Infatti, in inglese non c'è nessun bisogno di specificare "un pezzettino" o "più pezzettini di consiglio". È proprio questo il senso dei nomi _uncountable_. Se ti viene più semplice, consideralo come se si traducesse "saggezza": "Ti ringrazio per la tua saggezza, la seguirò". 

_Thank you for your advice, I will definitely follow it._


----------



## piccola streghetta

Ok, grazie a tutti per i chiarimenti, sono sempre stata un po' confusa su "advice"


----------



## shardaneng

Ipotizziamo che mi vengano dati 5 consigli, 3 risultano utili, 2 no.
Nemmeno in questo caso si potrebbe usare pieces of advice?

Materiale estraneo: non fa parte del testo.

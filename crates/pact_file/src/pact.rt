//! What is read of a pact file.

ghost use Rattle.std.specs.Prelude.{◌≡◌, Some, None, map, IfOk, string_bytes, option_map};
ghost use Rattle.serde_json.specs.View.{view};
ghost use Rattle.pact_file.specs.Headers.{HasHeaders};
ghost use Rattle.pact_file.specs.Pact.{normal_text, states_data, interaction_data};
ghost use Rattle.pact_file.specs.Parts.{status_in, body_in};
ghost use Rattle.pact_file.specs.Rules.{IsRulesOf};
ghost use Rattle.pact_file.specs.Sound.{IsSound};
ghost use Rattle.serde_json.specs.Written.{compact_text};

use crate::state::State;
use crate::texts::text_of_pact;
use pact_rules::RuleTable;
use serde_json::Value;
use std::alloc::AllocError;
use std::marker::Model;

/// A header that a response must have.
#[derive(Drop)]
pub struct Header {
    pub(crate) name: String,
    pub(crate) value: String,
}

impl Model for Header {
    ghost use Rattle.std.specs.Prelude.{string_bytes};
    ghost use Rattle.pact_file.specs.Pact.{Header as HeaderModel, header_code};

    ghost Value = { HeaderModel };

    ghost coded = { header_code };

    ghost view = { λ a. record { name = string_bytes a.name; value = string_bytes a.value } };
}

impl Header {
    /// The name in lower case.
    pub fn name(&self) -> &str
        ensures { result.now ≡ self.now.name }
    {
        self.name.as_str()
    }

    /// The value; of a list of texts, these joined by `, `.
    pub fn value(&self) -> &str
        ensures { result.now ≡ self.now.value }
    {
        self.value.as_str()
    }
}

/// An interaction: a request and the response that it must get. Both are only in its text.
#[derive(Drop)]
pub struct Interaction {
    pub(crate) description: String,
    pub(crate) states: Vec<State>,
    pub(crate) status: u16,
    pub(crate) headers: Vec<Header>,
    pub(crate) body: Option<Value>,
    pub(crate) rules: RuleTable,
    pub(crate) states_text: String,
    pub(crate) text: String,
}

impl Model for Interaction {
    ghost use Rattle.std.specs.Prelude.{string_bytes, option_map};
    ghost use Rattle.serde_json.specs.View.{view as seen};
    ghost use Rattle.pact_file.specs.Pact.{Interaction as InteractionModel, interaction_code};
    ghost use Rattle.pact_file.specs.Texts.{interaction_of_text};
    ghost use Rattle.pact_file.specs.Filled.{IsFilled};

    ghost Value = { InteractionModel };

    ghost coded = { interaction_code };

    ghost view = { λ a. interaction_of_text
        (string_bytes a.description) a.states.items (string_bytes a.text) };

    ghost invariant = { λ a. IsFilled (interaction_of_text
        (string_bytes a.description) a.states.items (string_bytes a.text))
        a.status a.headers.items (option_map seen a.body) a.rules
        (string_bytes a.states_text) (string_bytes a.text) };
}

impl Interaction {
    /// The description.
    pub fn description(&self) -> &str
        ensures { result.now ≡ self.now.description }
    {
        self.description.as_str()
    }

    /// The provider states.
    pub fn states(&self) -> &[State]
        ensures { result.now ≡ self.now.states }
    {
        self.states.as_slice()
    }

    /// The compact JSON text of the provider states. Those of two interactions are equal if their texts are.
    pub fn states_text(&self) -> &str
        ensures text { result.now ≡ compact_text (states_data self.now.states) }
        ensures sound { IsSound 97 (states_data self.now.states) }
    {
        self.states_text.as_str()
    }

    /// The status, from 100 to 999.
    pub fn status(&self) -> u16
        ensures { status_in self.now.response ≡ Some result }
    {
        self.status
    }

    /// The headers in the order of their names in lower case.
    pub fn headers(&self) -> &[Header]
        ensures { HasHeaders self.now.response result.now }
    {
        self.headers.as_slice()
    }

    /// The body, if there is one.
    pub fn body(&self) -> Option<&Value>
        ensures { option_map (λ v. view v.now) result ≡ body_in self.now.response }
    {
        self.body.as_ref()
    }

    /// The compact text of its normal form.
    pub(crate) fn text(&self) -> &str
        ensures { result.now ≡ compact_text (interaction_data self.now) }
    {
        self.text.as_str()
    }

    /// The matching rules.
    pub fn rules(&self) -> &RuleTable
        ensures { IsRulesOf self.now.response result.now }
    {
        &self.rules
    }
}

/// The contract of a consumer with a provider, in its normal form.
#[derive(Drop)]
pub struct Pact {
    pub(crate) consumer: String,
    pub(crate) provider: String,
    pub(crate) interactions: Vec<Interaction>,
}

impl Model for Pact {
    ghost use Rattle.std.specs.Prelude.{string_bytes};
    ghost use Rattle.pact_file.specs.Pact.{Pact as PactModel, pact_code, pact_with};

    ghost Value = { PactModel };

    ghost coded = { pact_code };

    ghost view = { λ a. pact_with
        (string_bytes a.consumer) (string_bytes a.provider) a.interactions.items };
}

impl Pact {
    /// The consumer's name.
    pub fn consumer(&self) -> &str
        ensures { result.now ≡ self.now.consumer }
    {
        self.consumer.as_str()
    }

    /// The provider's name.
    pub fn provider(&self) -> &str
        ensures { result.now ≡ self.now.provider }
    {
        self.provider.as_str()
    }

    /// The interactions, in the order of their descriptions, then of the compact texts of their states.
    pub fn interactions(&self) -> &[Interaction]
        ensures { result.now ≡ self.now.interactions }
    {
        self.interactions.as_slice()
    }

    /// The normal text, made of the texts of the interactions at each call.
    pub fn normal_text(&self) -> Result<String, AllocError>
        ensures { IfOk result (λ s. string_bytes s ≡ normal_text self.now) }
    {
        text_of_pact(self)
    }
}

For instance: three pieces of advice out of five turned out to be useful.

Does it sound so odd?


----------



## MünchnerFax

Credo che un inglese userebbe un'altra parola, per esempio _suggestions_. Come ho detto prima, non bisogna cercare di tradurre letteralmente _advice_ con _consiglio/i _perché non c'è corrispondenza esatta in italiano. Può aiutare considerare che questo nome _uncountable_ significhi un simile nome non numerabile italiano, per esempio ho citato "saggezza", oppure facciamo "consulenza" che è ancora più vicino al significato originario.
_Ti ringrazio per la tua consulenza, la seguirò_ è una frase che in italiano funziona abbastanza - ed è proprio corrispondente a quella inglese. Per contro, in italiano non diremmo "dei pezzi di consulenza". Potremmo però dire "delle parti della tua consulenza"; e guarda caso, _some parts of your advice _è proprio qualcosa che in inglese si usa (Google).


----------



## Pitufa86

quindi se si deve tradurre _consigli_ al plurale si può "aggirare l'ostacolo" dell'_uncountable_ puntando su termini come _suggestion_?


----------



## MünchnerFax

Ma no, perché ostacolo? Si può usare benissimo _advice_.  _Advice_ significa più o meno "consulenza", o "serie di consigli". D'altra parte dipende dal contesto e dalla frase specifica. Se vuoi dire "Mi puoi dare dei consigli", _advice _è perfetto.


----------



## Pitufa86

grazie mille,anzi...Thank you for your advice


----------



## effeundici

E' curioso che nessun madrelingua inglese sia intervenuto.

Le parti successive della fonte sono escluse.